The dynamic weight acquisition program of the balancer runs cyclically. If the default weight is not zero, the server LOAD parameters of the node are queried and the dynamic weight LOAD (Ni) is calculated ). The following formula is used to calculate the final weight value based on the initial weight of the node and the collected dynamic weight.
Wi = A * DW (Ni) + B * (LOAD (Ni)-DW (Ni) 1/3
In the formula, if the dynamic weight is equal to the initial weight and the final weight is not changed, it means that the load condition of the system has just reached the ideal state, and it is equal to the initial weight DW (Ni ).
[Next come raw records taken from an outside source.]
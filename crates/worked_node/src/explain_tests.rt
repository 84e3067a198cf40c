//! Faults of a script that are explained, and what is refused or not selected.

use super::start_tests::{GENESIS, MEMORY, ends, own_folder, remove, write_file};
use hosting::Process;
use std::fs::File;
use std::process::Abort;
use std::rt::Files;
use std::sync::Wait;
use std::thread::Threads;

/// The script of a file ends by a fault under the genesis of another. With the flag the same is printed and told, and
/// then a line on what the fault is about.
pub fn explains(
    rt: &(impl Abort
        + Files<File = File>
        + AllocGlobal
        + Threads
        + Wait
        + Process
        + Copy
        + Send
        + Sync
        + 'static),
    genesis: &str,
    script: &str,
    (printed, fault, hint): (&str, &str, &str),
) {
    let words = ["node", "run", "--genesis", genesis, "--script", script];
    ends(rt, words.as_slice(), 1, printed, fault);
    let words = [
        "node",
        "run",
        "--explain",
        "--genesis",
        genesis,
        "--script",
        script,
    ];
    let told = format!(in rt.alloc(); "{fault}# {hint}\n").expect(rt, MEMORY);
    ends(rt, words.as_slice(), 1, printed, told.as_str());
}

/// Scripts with what is printed, the fault that is told, and what it is about.
const SCRIPTS: &[(&str, (&str, &str, &str))] = &[
    (
        "tip\nwalk A\n",
        (
            "tip: 0 genesis\n",
            "line 2: BadLine\n",
            "line 2, column 1: \"walk\" begins no line of a script",
        ),
    ),
    (
        "arrive\n",
        (
            "",
            "line 1: BadLine\n",
            "line 1, column 1: \"arrive\" is the last word, and a name has to follow",
        ),
    ),
    (
        "seed K 0101010101010101010101010101010101010101010101010101010101010101\n",
        (
            "",
            "line 1: NotBuilt\n",
            "line 1, column 8: \"0101010101010101010101010101010101010101010101010101010101010101\" \
says a secret key, where the scheme has none",
        ),
    ),
    (
        "tip tip\n",
        (
            "",
            "line 1: BadLine\n",
            "line 1, column 5: \"tip\" is a word too many",
        ),
    ),
    (
        "block A1 genesis 01\n",
        (
            "",
            "line 1: BadLine\n",
            "line 1, column 18: \"01\" is not a number below 2^64 without a zero in front",
        ),
    ),
    (
        "block A1 01 1\n",
        (
            "",
            "line 1: BadLine\n",
            "line 1, column 10: \"01\" is not a name or genesis",
        ),
    ),
    (
        "tx T\nmint S - x\n",
        (
            "",
            "line 2: BadLine\n",
            "line 2, column 10: \"x\" is not a number below 2^64 without a zero in front, or one behind a sign",
        ),
    ),
    (
        "raw A 8\n",
        (
            "",
            "line 1: BadLine\n",
            "line 1, column 7: \"8\" is not hexadecimal digits of whole bytes",
        ),
    ),
    (
        "tx T\nmint S 8 5\n",
        (
            "",
            "line 2: BadLine\n",
            "line 2, column 8: \"8\" is not hexadecimal digits of whole bytes or -",
        ),
    ),
    (
        "tx T\nout K 1\n",
        (
            "",
            "line 2: BadLine\n",
            "line 2, column 5: \"K\" is not key or script",
        ),
    ),
    (
        "balance key K\n",
        (
            "",
            "line 1: BadLine\n",
            "line 1, column 9: \"key\" is not script",
        ),
    ),
    (
        "arrive A  B\n",
        (
            "",
            "line 1: BadLine\n",
            "line 1, column 10: \"\" stands where one space has to stand between two words",
        ),
    ),
    (
        "tip\tA\n",
        (
            "",
            "line 1: BadLine\n",
            "line 1, column 4: \"tip\" goes on with a byte that is not printable ASCII",
        ),
    ),
    (
        "\ntx T\n# no end\n",
        (
            "",
            "line 2: BadLine\n",
            "line 2, column 1: \"tx\" begins a transaction that has no end",
        ),
    ),
    (
        "fee 5\n",
        (
            "",
            "line 1: BadLine\n",
            "line 1, column 1: \"fee\" stands outside of a transaction",
        ),
    ),
    (
        "tx T\ntip\n",
        (
            "",
            "line 2: BadLine\n",
            "line 2, column 1: \"tip\" stands inside of a transaction",
        ),
    ),
    (
        "block A1 genesis 1\nblock B1 A1 2 T",
        (
            "",
            "line 2: UnknownName\n",
            "line 2, column 15: \"T\" is bound to nothing of the kind that is asked for",
        ),
    ),
    (
        "tx T\nend\ntx U\nin T 0\nin V 0\n",
        (
            "",
            "line 5: UnknownName\n",
            "line 5, column 4: \"V\" is bound to nothing of the kind that is asked for",
        ),
    ),
    (
        "raw A1 80\nblock B1 A1 2\n",
        (
            "",
            "line 2: UnknownName\n",
            "line 2, column 10: \"A1\" is bound to nothing of the kind that is asked for",
        ),
    ),
    (
        "raw A1 80\nwhy A1\n",
        (
            "",
            "line 2: UnknownName\n",
            "line 2, column 5: \"A1\" is bound to nothing of the kind that is asked for",
        ),
    ),
    (
        "raw A1 80\ndiscard A1\n",
        (
            "",
            "line 2: UnknownName\n",
            "line 2, column 9: \"A1\" is bound to nothing of the kind that is asked for",
        ),
    ),
    (
        "discard\n",
        (
            "",
            "line 1: BadLine\n",
            "line 1, column 1: \"discard\" is the last word, and a name has to follow",
        ),
    ),
    (
        "forge A1 9223372036854775808\narrive A1\n",
        (
            "forge A1: refused 2 OutOfRange\n",
            "line 2: UnknownName\n",
            "line 2, column 8: \"A1\" is bound to nothing of the kind that is asked for",
        ),
    ),
    (
        "open F\nforge A1 9223372036854775808\nforward F A1\n",
        (
            "open F: ok\nforge A1: refused 2 OutOfRange\n",
            "line 3: UnknownName\n",
            "line 3, column 9: \"F\" is bound to nothing of the kind that is asked for, or a name behind it is",
        ),
    ),
    (
        "raw A1 80\n\nraw A1 80\n",
        (
            "",
            "line 3: NameTaken\n",
            "line 3, column 5: \"A1\" is bound already",
        ),
    ),
    (
        "block A1 genesis 9223372036854775808\n",
        (
            "",
            "line 1: NotBuilt\n",
            "line 1, column 18: \"9223372036854775808\" is out of range",
        ),
    ),
    (
        "key K 00\n",
        (
            "",
            "line 1: NotBuilt\n",
            "line 1, column 7: \"00\" has another length than it has to have",
        ),
    ),
    (
        "script S 00\n",
        (
            "",
            "line 1: NotBuilt\n",
            "line 1, column 10: \"00\" is the text of no native script",
        ),
    ),
    (
        "tx T\nin genesis 0\nin genesis 0\n",
        (
            "",
            "line 3: NotBuilt\n",
            "line 3, column 4: \"genesis\" stands there twice, or is too much",
        ),
    ),
];

#[test]
fn faults_of_scripts(rt: HostRuntime) {
    let folder = own_folder(&rt);
    let genesis = write_file(&rt, &folder, "genesis.toml", GENESIS);
    for (text, end) in SCRIPTS {
        let script = write_file(&rt, &folder, "some.script", &[*text]);
        explains(&rt, &genesis, &script, *end);
    }
    remove(&rt, &folder);
}

/// A line of 98 bytes.
const COMMENT: &str =
    "# a script of which every line but the last one is this comment, in 98 bytes \
with its line feed .\n";

/// A text that has this part `count` times.
pub fn many(rt: &(impl Abort + AllocGlobal), part: &str, count: u32) -> String {
    let mut text = String::new(rt.alloc());
    for _ in 0..count {
        text.push_str(part).expect(rt, MEMORY);
    }
    text
}

// The last byte of `tip` is the one that is too many.
#[test]
fn a_script_that_is_too_long(rt: HostRuntime) {
    let folder = own_folder(&rt);
    let genesis = write_file(&rt, &folder, "genesis.toml", GENESIS);
    let comments = many(&rt, COMMENT, 42_799);
    assert!(rt; comments.len() == 4_194_302);
    let parts = [comments.as_str(), "tip"];
    let script = write_file(&rt, &folder, "some.script", parts.as_slice());
    let end = (
        "",
        "line 42800: BadLine\n",
        "line 42800, column 1: \"tip\" begins a line that goes on past the greatest length of a script",
    );
    explains(&rt, &genesis, &script, end);
    remove(&rt, &folder);
}

// A fault of a script is explained on a log too, and nothing is told where there is none.
#[test]
fn a_script_on_a_log(rt: HostRuntime) {
    let folder = own_folder(&rt);
    let genesis = write_file(&rt, &folder, "genesis.toml", GENESIS);
    let script = write_file(&rt, &folder, "some.script", &["tip\narrive A1\n"]);
    let log = format!(in rt.alloc(); "{folder}/log").expect(&rt, MEMORY);
    let words = [
        "node",
        "run",
        "--genesis",
        genesis.as_str(),
        "--script",
        script.as_str(),
        "--log",
        log.as_str(),
        "--explain",
    ];
    let told = "line 2: UnknownName
# line 2, column 8: \"A1\" is bound to nothing of the kind that is asked for
";
    ends(&rt, words.as_slice(), 1, "tip: 0 genesis\n", told);
    let script = write_file(&rt, &folder, "some.script", &["tip\n"]);
    let words = [
        "node",
        "run",
        "--genesis",
        genesis.as_str(),
        "--script",
        script.as_str(),
        "--explain",
    ];
    ends(&rt, words.as_slice(), 0, "tip: 0 genesis\n", "");
    remove(&rt, &folder);
}

/// A script of whose lines two are explained, what they print, and what the notes are.
const REFUSED: (&str, &str, &str) = (
    "tx T\nend\nsubmit T\nblock B1 genesis 2\nblock B2 B1 3\narrive B2\narrive B1\n",
    "submit T: refused 2 NoInputs
arrive B2: kept back 0 added 0
arrive B1: kept back 0 added 2
",
    "submit T: refused 2 NoInputs
# no inputs
arrive B2: kept back 0 added 0
# waits for B1
arrive B1: kept back 0 added 2
",
);

// What is refused and what isn't selected is explained with the flag alone, on a new core and on a log.
#[test]
fn what_is_refused_or_not_selected(rt: HostRuntime) {
    let (lines, plain, told) = REFUSED;
    let folder = own_folder(&rt);
    let genesis = write_file(&rt, &folder, "genesis.toml", GENESIS);
    let script = write_file(&rt, &folder, "some.script", &[lines]);
    let log = format!(in rt.alloc(); "{folder}/log").expect(&rt, MEMORY);
    let words = [
        "node",
        "run",
        "--genesis",
        genesis.as_str(),
        "--script",
        script.as_str(),
        "--explain",
        "--log",
        log.as_str(),
    ];
    let (without, _) = words.split_at(6);
    ends(&rt, without, 0, plain, "");
    let (new_core, _) = words.split_at(7);
    ends(&rt, new_core, 0, told, "");
    ends(&rt, words.as_slice(), 0, told, "");
    remove(&rt, &folder);
}

// What was printed before a fault stands, and so does what was told of it.
#[test]
fn a_note_before_a_fault(rt: HostRuntime) {
    let folder = own_folder(&rt);
    let genesis = write_file(&rt, &folder, "genesis.toml", GENESIS);
    let script = write_file(
        &rt,
        &folder,
        "some.script",
        &["tx T\nend\nsubmit T\narrive T\n"],
    );
    let words = [
        "node",
        "run",
        "--explain",
        "--genesis",
        genesis.as_str(),
        "--script",
        script.as_str(),
    ];
    let told = "line 4: UnknownName
# line 4, column 8: \"T\" is bound to nothing of the kind that is asked for
";
    let printed = "submit T: refused 2 NoInputs\n# no inputs\n";
    ends(&rt, words.as_slice(), 1, printed, told);
    remove(&rt, &folder);
}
If the calculation result of the dynamic weight is higher than the initial weight, the final weight increases, which means that the system load is very light and the balancer will increase the task ratio allocated to the node. If the dynamic weight is lower than the initial weight, the final weight is reduced, indicating that the system is starting to overload, and the balancer will reduce the tasks assigned to the node. In actual use, if the weights of all nodes are smaller than their DW (Ni), it indicates that the current cluster is overloaded, in this case, you need to add a new node to the cluster to process some of the load. Otherwise, if the weights of all nodes are much higher than DW (Ni), the load of the current system is lighter.
5. Summary
Network load balancing is the specific implementation of the Cluster Job Scheduling System. Because the job unit it processes is a network connection under the TCP/IP protocol, you can use a centralized basic scheduling algorithm for network connections. Considering the possibility of Cluster load imbalance, the weights of service nodes are dynamically obtained and the negative feedback mechanism is used to adjust the distribution of network service requests by the balancer, to adapt to resource changes during the running of service nodes. Based on the LVS cluster system, I also improved it with the original round robin algorithm, added a program for collecting dynamic weights and fed back it to the Load balancer's scheduling system in real time. Practice has proved that the use of dynamic balancing has improved the overall throughput of the cluster system, especially when the performance of each node in the cluster is different and the network service programs provided by the cluster have diversified resources, the negative feedback mechanism is particularly effective. In other clusters, the dynamic load balancing of the negative feedback mechanism can also be well applied, except that the job units processed by the balancer are different from network connections, the specific load algorithms will also be different.